There are other serious consequences of the growing housing crisis, from health to welfare. Bad housing harms health and costs the national health service £2.5 billion a year. It holds kids back at school, and the price tag for lost earnings of young people whose GCSE results have been affected by poor housing is £14.8 million. Unaffordable housing drives up the benefit bill. The Government’s supposed affordable rent programme alone will drive up housing benefit by £1.4 billion.

Despite the costs of the housing crisis and the Government’s long record of failure, Ministers continue to claim that they recognise the importance of house building, including to the economy. Since cutting the affordable housing budget by 60%, the Government have announced and reannounced countless schemes and initiatives that promised to get Britain building. May I summarise but some?

In November 2010, the Department for Communities and Local Government launched the new homes bonus, promising action

“to get the country building again”.

In March 2011, the Government launched “The Plan for Growth”. Remember that? It said:

“A successful construction industry is vital for sustainable growth. Building and maintaining homes…are activities that underpin the entire economy…it is critical that industry gets the support it requires to build houses on the scale the UK needs”.

It promised

“radical planning reform”

that would deliver

“the housing the country needs.”

At the time, the Secretary of State for Communities and Local Government welcomed the

“action to get the house building industry building again”.

Two months later, the Government launched Firstbuy, promising

“a much-needed boost to our house building industry, supporting thousands of jobs across the country.”
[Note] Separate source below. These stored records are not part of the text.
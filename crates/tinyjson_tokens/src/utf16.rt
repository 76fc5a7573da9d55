//! Characters from UTF-16 units.
ghost use Rattle.std.specs.Prelude.{◌≡◌, ◌++◌, ◌∷◌, [], IfOk, true};
ghost use Rattle.tinyjson_grammar.specs.Characters.{text};
ghost use Rattle.tinyjson_grammar.specs.Characters.{is_high, is_low, pair_of, paired, decode};

use std::alloc::AllocError;

/// Whether a UTF-16 unit is the first of a surrogate pair.
pub fn is_high(unit: u16) -> bool
    ensures { result ≡ is_high unit }
{
    unit >= 0xd800 && unit < 0xdc00
}

/// Whether a UTF-16 unit is the second of a surrogate pair.
pub fn is_low(unit: u16) -> bool
    ensures { result ≡ is_low unit }
{
    unit >= 0xdc00 && unit < 0xe000
}

/// The character that a pair of surrogates stands for.
pub fn pair(high: u16, low: u16) -> char
    requires high { is_high high ≡ true }
    requires low { is_low low ≡ true }
    ensures { result ≡ pair_of high low }
{
    char::from_u32(0x10000 + (high as u32 - 0xd800) * 1024 + (low as u32 - 0xdc00)).unwrap()
}

/// Appends a character, unless memory runs out.
pub fn push(string: &mut String, c: char) -> Result<(), AllocError>
    ensures { IfOk result (λ _. text string.new ≡ text string.old ++ c ∷ []) }
{
    string.push(c)
}

/// Appends the characters that units spell; `false` where a surrogate has no partner.
pub fn decode(units: &[u16], string: &mut String) -> Result<bool, AllocError>
    ensures whole { IfOk result (λ whole. whole ≡ paired units.now) }
    ensures text { IfOk result (λ whole. whole ≡ true →
        text string.new ≡ text string.old ++ decode units.now) }
{
    let mut high: Option<u16> = None;
    for unit in units {
        match high {
            Some(first) => {
                if !is_low(*unit) {
                    return Ok(false);
                }
                push(string, pair(first, *unit))?;
                high = None;
            }
            None if is_high(*unit) => high = Some(*unit),
            None => {
                let Some(c) = char::from_u32(*unit as u32) else {
                    return Ok(false);
                };
                push(string, c)?;
            }
        }
    }
    Ok(high.is_none())
}
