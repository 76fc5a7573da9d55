//! A JSON Schema of any draft, with all that its references lead into, as one of 2020-12.
//!
//! A schema of draft 4, 6, 7 or 2019-09 is put into the words of 2020-12, and further documents are embedded in it. So
//! are the meta-schemas of the drafts, as json-schema.org publishes them, without their comments.
//!
//! ```
//! let schema = read_as(schema, Draft::Draft202012, alloc)?; // in the draft that it names, or in 2020-12
//! let compound = embed(compound, "common.json", common, Draft::Draft202012, alloc)?;
//! let whole = with_meta_schemas(compound, alloc)?; // one resource, for `Schema::read` of `tinyjson_schema`
//! ```
#![tactic(auto)]

mod compound;
mod dialect;
mod document;
mod draft;
mod meta;
mod read;
mod recursive;
mod reference;
mod retrieval;
mod rule;
mod translate;
mod wanted;

pub use compound::{
    Compound, EmbedError, compound_of, embed, empty_compound, referring, resource_of,
    with_meta_schemas,
};
pub use dialect::{draft_of, is_older, meta_schema_of, uri_of};
pub use document::{base_of, found_at, has_definition, with_document};
pub use draft::{Dialect, Draft};
pub use meta::{MetaSchema, has_document, meta_schemas};
pub use read::{dialect_of, read_as, unknown_dialect};
pub use retrieval::with_retrieval_uri;
pub use translate::translated;
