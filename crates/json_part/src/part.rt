//! Prints the part of a value that a pointer names.
ghost use Rattle.std.specs.Prelude.{◌++◌, ◌∷◌, [], encode_utf8_all};
ghost use Rattle.std.specs.Str.{chars};
ghost use Rattle.tinyjson.specs.Characters.{line_feed};
ghost use Rattle.tinyjson.specs.Written.{WritesPrefix};
ghost use Rattle.tinyjson_cli.specs.Layout.{laid_out};
ghost use Rattle.tinyjson_cli.specs.Texts.{Answers};
ghost use Rattle.tinyjson_document.specs.Document.{tree};
ghost use Rattle.tinyjson_pointer.specs.Tokens.{tokens_of};
ghost use Rattle.json_part.specs.Part.{GivesMissing, GivesPart, printed};

use std::alloc::Global;
use std::io::{self, Write};
use tinyjson_cli::{NoAnswer, ValueTool};
use tinyjson_document::Node;
use tinyjson_lines::write_all;
use tinyjson_pointer::Pointer;

/// How a part is printed.
#[derive(Clone, Copy)]
pub struct Form {
    /// Whether its text is indented with two spaces.
    pub is_indented: bool,
    /// Whether the characters of a string are printed in place of its text.
    pub is_raw: bool,
    /// Whether `null` is printed where there is no part.
    pub or_null: bool,
}

/// The part of each value that a pointer names, in a form.
#[derive(Clone, Copy)]
pub struct Part<'a> {
    pub pointer: &'a Pointer,
    pub form: Form,
}

/// ```
/// part.answer_value(alloc, value, len, &mut output)?; // of /a/0 in {"a":[7]}: writes 7 and a line feed
/// ```
impl ValueTool for Part<'_> {
    ghost gives = { λ a _ t f. GivesPart a.form (tokens_of a.pointer.now) t f };

    fn answer_value<W: Write>(
        &self,
        alloc: Global,
        value: Node<'_>,
        _: usize,
        output: &mut W,
    ) -> io::Result<Option<NoAnswer>> {
        let Some(part) = self.pointer.find_part(value) else {
            return answer_missing(alloc, self.form.or_null, output);
        };
        write_part(alloc, part, self.form, output)?;
        Ok(None)
    }
}

/// Prints null where there is no part, if that is asked.
fn answer_missing<W: Write>(
    alloc: Global,
    or_null: bool,
    output: &mut W,
) -> io::Result<Option<NoAnswer>>
    ensures { Answers (GivesMissing or_null)
        (W.contents output.old) (W.contents output.new) result }
{
    if !or_null {
        let words = "the pointer names no part".to_string(alloc)?;
        return Ok(Some(NoAnswer::No(words)));
    }
    write_all(output, b"null\n")?;
    Ok(None)
}

/// Prints a part.
fn write_part<W: Write>(alloc: Global, part: Node<'_>, form: Form, output: &mut W) -> io::Result<()>
    ensures { WritesPrefix (W.contents output.old) (W.contents output.new)
        (printed form (tree part.entry)) result }
{
    if !form.is_raw {
        return write_text(alloc, part, form.is_indented, output);
    }
    match part.string() {
        Some(characters) => write_raw(characters, output),
        None => write_text(alloc, part, form.is_indented, output),
    }
}

/// Writes the text of a part, and a line feed.
fn write_text<W: Write>(
    alloc: Global,
    part: Node<'_>,
    is_indented: bool,
    output: &mut W,
) -> io::Result<()>
    ensures { WritesPrefix (W.contents output.old) (W.contents output.new)
        (laid_out is_indented (tree part.entry)) result }
{
    if is_indented {
        return part.format_line_to(alloc, output);
    }
    part.write_line_to(alloc, output)
}

/// Writes characters in UTF-8, and a line feed.
fn write_raw<W: Write>(characters: &str, output: &mut W) -> io::Result<()>
    ensures { WritesPrefix (W.contents output.old) (W.contents output.new)
        (encode_utf8_all (chars characters.now) ++ line_feed ∷ []) result }
{
    write_all(output, characters.as_bytes())?;
    write_all(output, b"\n")
}
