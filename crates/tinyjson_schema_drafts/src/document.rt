//! Further documents of a schema: each is embedded as a resource of its own.
ghost use Rattle.std.specs.Prelude.{◌≡◌, IfOk, option_map};
ghost use Rattle.std.specs.Str.{chars};
ghost use Rattle.tinyjson.specs.View.{view};
ghost use Rattle.tinyjson_schema_drafts.specs.Documents.{with_document, found_at, base_of, id_found};
ghost use Rattle.tinyjson_schema_drafts.specs.Documents.{with_member, as_object};
ghost use Rattle.tinyjson_schema_drafts.specs.Documents.{or_empty, definitions, without_definitions};
ghost use Rattle.tinyjson_schema_drafts.specs.Documents.{has_definition, string_of};

use std::alloc::{AllocError, Global};
use std::collections::HashMap;
use text_uri::resolve;
use tinyjson::{JsonValue, remove_member};
use tinyjson_pointer::put_member;
use tinyjson_schema_keywords::{Keyword, has_key, schema_at};

/// The schema with a further document, which references then lead into: it becomes a member of the schema's `$defs`,
/// with the URI that it was found at as its key, in the place of a member there. Its own `$id` is resolved by that URI,
/// or the URI becomes its `$id` (Core, 9.1.1). The schema is given as [`found_at`] returns it.
///
/// A schema that is no object stays, and so does one whose `$defs` is none. The only error is out of memory.
///
/// ```
/// // Of {"$ref":"a.json"} and {"type":"null"}, which was found at a.json:
/// let schema = with_document(schema, "a.json", document, alloc)?;
/// // {"$defs":{"a.json":{"$id":"a.json","type":"null"}},"$ref":"a.json"}
/// ```
pub fn with_document(
    schema: JsonValue,
    uri: &str,
    document: JsonValue,
    alloc: Global,
) -> Result<JsonValue, AllocError>
    ensures { IfOk result (λ v. view v ≡ with_document (view schema) uri.now (view document)) }
{
    let found = resolve(alloc, base_of(&schema), uri)?;
    let object = as_object(document, alloc)?;
    let resource = found_at(object, found.as_str(), alloc)?;
    let (rest, defs) = apart(schema, alloc);
    let all = with_member(defs, uri, resource, alloc)?;
    with_member(rest, Keyword::Defs.name(), all, alloc)
}

/// The schema that was found at a URI: its own `$id` is resolved by that, or else the URI becomes its `$id` (Core, 9.1.1). A
/// schema that is no object stays. The only error is out of memory.
///
/// ```
/// let schema = found_at(schema, "/a/b.json", alloc)?; // {"$id":"c.json"} becomes {"$id":"/a/c.json"}
/// ```
pub fn found_at(schema: JsonValue, uri: &str, alloc: Global) -> Result<JsonValue, AllocError>
    ensures { IfOk result (λ v. view v ≡ found_at uri.now (view schema)) }
{
    let id = id_found(&schema, uri, alloc)?;
    with_member(schema, Keyword::Id.name(), id, alloc)
}

/// Whether the `$defs` of the schema has this key.
pub fn has_definition(schema: &JsonValue, key: &str) -> bool
    ensures { result ≡ has_definition (view schema.now) key.now }
{
    match schema_at(schema, Keyword::Defs) {
        Some(defs) => has_key(defs, key),
        None => false,
    }
}

/// The base URI of a whole schema: its `$id`, or the empty string where it has none (Core, 8.2.1).
///
/// ```
/// let base = base_of(&schema); // "http://example.com/a" for {"$id": "http://example.com/a"}
/// ```
pub fn base_of(schema: &JsonValue) -> &str
    ensures { result.now ≡ base_of (view schema.now) }
{
    let Some(id) = schema_at(schema, Keyword::Id) else {
        return "";
    };
    match id {
        JsonValue::String(text) => text.as_str(),
        _ => "",
    }
}

/// The `$id` of a schema that was found at a URI.
fn id_found(schema: &JsonValue, uri: &str, alloc: Global) -> Result<JsonValue, AllocError>
    ensures { IfOk result (λ v. view v ≡ id_found uri.now (view schema.now)) }
{
    let Some(id) = schema_at(schema, Keyword::Id) else {
        return Ok(JsonValue::String(String::from_str(alloc, uri)?));
    };
    match id {
        JsonValue::String(own) => {
            let resolved = resolve(alloc, uri, own.as_str())?;
            Ok(JsonValue::String(resolved))
        }
        other => other.try_clone(alloc),
    }
}

/// A schema that is a truth value as an object (Core, 4.3.2).
fn as_object(schema: JsonValue, alloc: Global) -> Result<JsonValue, AllocError>
    ensures { IfOk result (λ v. view v ≡ as_object (view schema)) }
{
    match schema {
        JsonValue::Boolean(accepts) => {
            let every = JsonValue::Object(HashMap::new(alloc));
            if accepts {
                return Ok(every);
            }
            let none = JsonValue::Object(HashMap::new(alloc));
            with_member(none, Keyword::Not.name(), every, alloc)
        }
        other => Ok(other),
    }
}

/// The schema without its `$defs`, and these; an empty object where it has none.
fn apart(schema: JsonValue, alloc: Global) -> (JsonValue, JsonValue)
    ensures rest { view result.0 ≡ without_definitions (view schema) }
    ensures defs { view result.1 ≡ definitions (view schema) }
{
    match schema {
        JsonValue::Object(mut members) => {
            let defs = remove_member(&mut members, Keyword::Defs.name());
            (JsonValue::Object(members), or_empty(defs, alloc))
        }
        other => (other, or_empty(None, alloc)),
    }
}

fn or_empty(value: Option<JsonValue>, alloc: Global) -> JsonValue
    ensures { view result ≡ or_empty (option_map view value) }
{
    match value {
        Some(value) => value,
        None => JsonValue::Object(HashMap::new(alloc)),
    }
}

/// The value that is this string.
pub fn string_of(text: &str, alloc: Global) -> Result<JsonValue, AllocError>
    ensures { IfOk result (λ v. view v ≡ string_of text.now) }
{
    let text = String::from_str(alloc, text)?;
    Ok(JsonValue::String(text))
}

/// The object with this member; any other value stays.
fn with_member(
    value: JsonValue,
    key: &str,
    member: JsonValue,
    alloc: Global,
) -> Result<JsonValue, AllocError>
    ensures { IfOk result (λ v. view v ≡ with_member (chars key.now) (view member) (view value)) }
{
    match value {
        JsonValue::Object(mut members) => {
            put_member(&mut members, key, member, alloc)?;
            Ok(JsonValue::Object(members))
        }
        other => Ok(other),
    }
}
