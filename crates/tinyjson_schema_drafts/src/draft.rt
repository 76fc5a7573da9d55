//! The drafts, and the URIs that name them.
ghost use Rattle.std.specs.Prelude.{◌≡◌, option_map};
ghost use Rattle.tinyjson.specs.View.{view};
ghost use Rattle.tinyjson_schema_drafts.specs.Dialects.{dialect_named, draft_named};
ghost use Rattle.tinyjson_schema_drafts.specs.Dialects.{is_draft_4, is_draft_6, is_draft_7};
ghost use Rattle.tinyjson_schema_drafts.specs.Dialects.{is_2019_09, is_2020_12};
ghost use Rattle.tinyjson_schema_drafts.specs.Dialects.{unknown_in, unknown_uri};

use tinyjson::JsonValue;

/// A version of JSON Schema.
#[derive(Clone, Copy)]
pub enum Draft {
    /// Draft 4 (draft-zyp-json-schema-04, draft-fge-json-schema-validation-00).
    Draft4,
    /// Draft 6 (draft-wright-json-schema-01).
    Draft6,
    /// Draft 7 (draft-handrews-json-schema-01).
    Draft7,
    /// 2019-09 (draft-handrews-json-schema-02).
    Draft201909,
    /// 2020-12.
    Draft202012,
}

/// What `$schema` names.
#[derive(Clone, Copy)]
pub enum Dialect {
    /// Nothing: the schema has no `$schema`, or one that is no string.
    Missing,
    /// One of the drafts.
    Known(Draft),
    /// Something else.
    Unknown,
}

/// What a value of `$schema` names.
pub fn dialect_named(uri: &JsonValue) -> Dialect
    ensures { result ≡ dialect_named (view uri.now) }
{
    match uri {
        JsonValue::String(uri) => draft_named(uri.as_str()),
        _ => Dialect::Missing,
    }
}

fn draft_named(uri: &str) -> Dialect
    ensures { result ≡ draft_named uri.now }
{
    if is_2020_12(uri) {
        return Dialect::Known(Draft::Draft202012);
    }
    if is_2019_09(uri) {
        return Dialect::Known(Draft::Draft201909);
    }
    if is_draft_7(uri) {
        return Dialect::Known(Draft::Draft7);
    }
    if is_draft_6(uri) {
        return Dialect::Known(Draft::Draft6);
    }
    if is_draft_4(uri) {
        return Dialect::Known(Draft::Draft4);
    }
    Dialect::Unknown
}

fn is_2020_12(uri: &str) -> bool
    ensures { result ≡ is_2020_12 uri.now }
{
    matches!(
        uri,
        "https://json-schema.org/draft/2020-12/schema"
            | "https://json-schema.org/draft/2020-12/schema#"
            | "http://json-schema.org/draft/2020-12/schema"
            | "http://json-schema.org/draft/2020-12/schema#"
    )
}

fn is_2019_09(uri: &str) -> bool
    ensures { result ≡ is_2019_09 uri.now }
{
    matches!(
        uri,
        "https://json-schema.org/draft/2019-09/schema"
            | "https://json-schema.org/draft/2019-09/schema#"
            | "http://json-schema.org/draft/2019-09/schema"
            | "http://json-schema.org/draft/2019-09/schema#"
    )
}

fn is_draft_7(uri: &str) -> bool
    ensures { result ≡ is_draft_7 uri.now }
{
    matches!(
        uri,
        "http://json-schema.org/draft-07/schema#"
            | "http://json-schema.org/draft-07/schema"
            | "https://json-schema.org/draft-07/schema#"
            | "https://json-schema.org/draft-07/schema"
    )
}

fn is_draft_6(uri: &str) -> bool
    ensures { result ≡ is_draft_6 uri.now }
{
    matches!(
        uri,
        "http://json-schema.org/draft-06/schema#"
            | "http://json-schema.org/draft-06/schema"
            | "https://json-schema.org/draft-06/schema#"
            | "https://json-schema.org/draft-06/schema"
    )
}

fn is_draft_4(uri: &str) -> bool
    ensures { result ≡ is_draft_4 uri.now }
{
    matches!(
        uri,
        "http://json-schema.org/draft-04/schema#"
            | "http://json-schema.org/draft-04/schema"
            | "https://json-schema.org/draft-04/schema#"
            | "https://json-schema.org/draft-04/schema"
    )
}

/// A value of `$schema` that is a string and names none of the drafts.
pub fn unknown_in(uri: &JsonValue) -> Option<&str>
    ensures { option_map (λ x. x.now) result ≡ unknown_in (view uri.now) }
{
    match uri {
        JsonValue::String(uri) => unknown_uri(uri.as_str()),
        _ => None,
    }
}

fn unknown_uri(uri: &str) -> Option<&str>
    ensures { option_map (λ x. x.now) result ≡ unknown_uri uri.now }
{
    match draft_named(uri) {
        Dialect::Unknown => Some(uri),
        _ => None,
    }
}
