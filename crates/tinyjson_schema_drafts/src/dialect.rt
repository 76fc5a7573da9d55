//! The draft of a schema, and the meta-schema that describes it.
ghost use Rattle.std.specs.Prelude.{◌≡◌};
ghost use Rattle.tinyjson.specs.View.{view};
ghost use Rattle.tinyjson_schema_drafts.specs.References.{draft_of, is_older};
ghost use Rattle.tinyjson_schema_drafts.specs.References.{meta_schema_of, uri_of};

use crate::draft::{Dialect, Draft};
use crate::read::{dialect_of, unknown_dialect};
use tinyjson::JsonValue;

/// The draft that the `$schema` of a schema names, or else the default (Core, 8.1.1).
///
/// ```
/// // Of {"$schema": "http://json-schema.org/draft-07/schema#"}:
/// let draft = draft_of(&schema, Draft::Draft202012); // Draft::Draft7
/// ```
pub fn draft_of(schema: &JsonValue, default: Draft) -> Draft
    ensures { result ≡ draft_of default (view schema.now) }
{
    match dialect_of(schema) {
        Dialect::Known(draft) => draft,
        Dialect::Missing | Dialect::Unknown => default,
    }
}

/// Whether it is another draft than 2020-12.
pub fn is_older(draft: Draft) -> bool
    ensures { result ≡ is_older draft }
{
    !matches!(draft, Draft::Draft202012)
}

/// The URI of a draft's meta-schema (draft 4, 6 and 7: Core, section 6 or 7; 2019-09 and 2020-12: Core, 8.1.1), without
/// a fragment.
///
/// ```
/// let uri = uri_of(Draft::Draft7); // "http://json-schema.org/draft-07/schema"
/// ```
pub fn uri_of(draft: Draft) -> &'static str
    ensures { result.now ≡ uri_of draft }
{
    match draft {
        Draft::Draft4 => "http://json-schema.org/draft-04/schema",
        Draft::Draft6 => "http://json-schema.org/draft-06/schema",
        Draft::Draft7 => "http://json-schema.org/draft-07/schema",
        Draft::Draft201909 => "https://json-schema.org/draft/2019-09/schema",
        Draft::Draft202012 => "https://json-schema.org/draft/2020-12/schema",
    }
}

/// The URI of the meta-schema of a schema: that of the draft that its `$schema` names, or else what this says; or that
/// of the default, where it is no string (Core, 8.1.1).
///
/// ```
/// // Of {"$schema": "http://json-schema.org/draft-07/schema#"}:
/// let uri = meta_schema_of(&schema, Draft::Draft202012); // "http://json-schema.org/draft-07/schema"
/// ```
pub fn meta_schema_of(schema: &JsonValue, default: Draft) -> &str
    ensures { result.now ≡ meta_schema_of default (view schema.now) }
{
    match unknown_dialect(schema) {
        Some(uri) => uri,
        None => uri_of(draft_of(schema, default)),
    }
}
In November 2011, the Government were at it again, launching the housing strategy. Do Members recall that it was described as the housing revolution? The Prime Minister and the Deputy Prime Minister donned their wellies, hard hats and high-vis jackets for the TV cameras as they promised

“to restart the housing market and get Britain building again”

with schemes, they said, that could create 400,000 jobs. All that with £420 million, but a tenth of what was cut the previous year by the Chancellor.

Not four months later, in March this year, the Prime Minister and the former Minister for Housing hit the airwaves again, launching the NewBuy guarantee and promising a

“boost to the housing market…and thousands of jobs in the construction industry”,

and yes, you have guessed it,

“to get Britain building again.”

So much has been promised—hundreds of thousands of jobs in the construction industry, hundreds of thousands of new homes, hundreds of thousands of new home owners—but what has been delivered? A contracting construction industry and collapsing housing starts, a growing housing crisis, a double-dip recession, and an array of announcements followed by a litany of failure. Can there be any more fundamental an indictment of failure than the fact that, at a time of economic crisis, when the Government have promised over and over again to build Britain out of recession, building starts fall quarter after quarter after quarter, pushing Britain back into double-dip recession?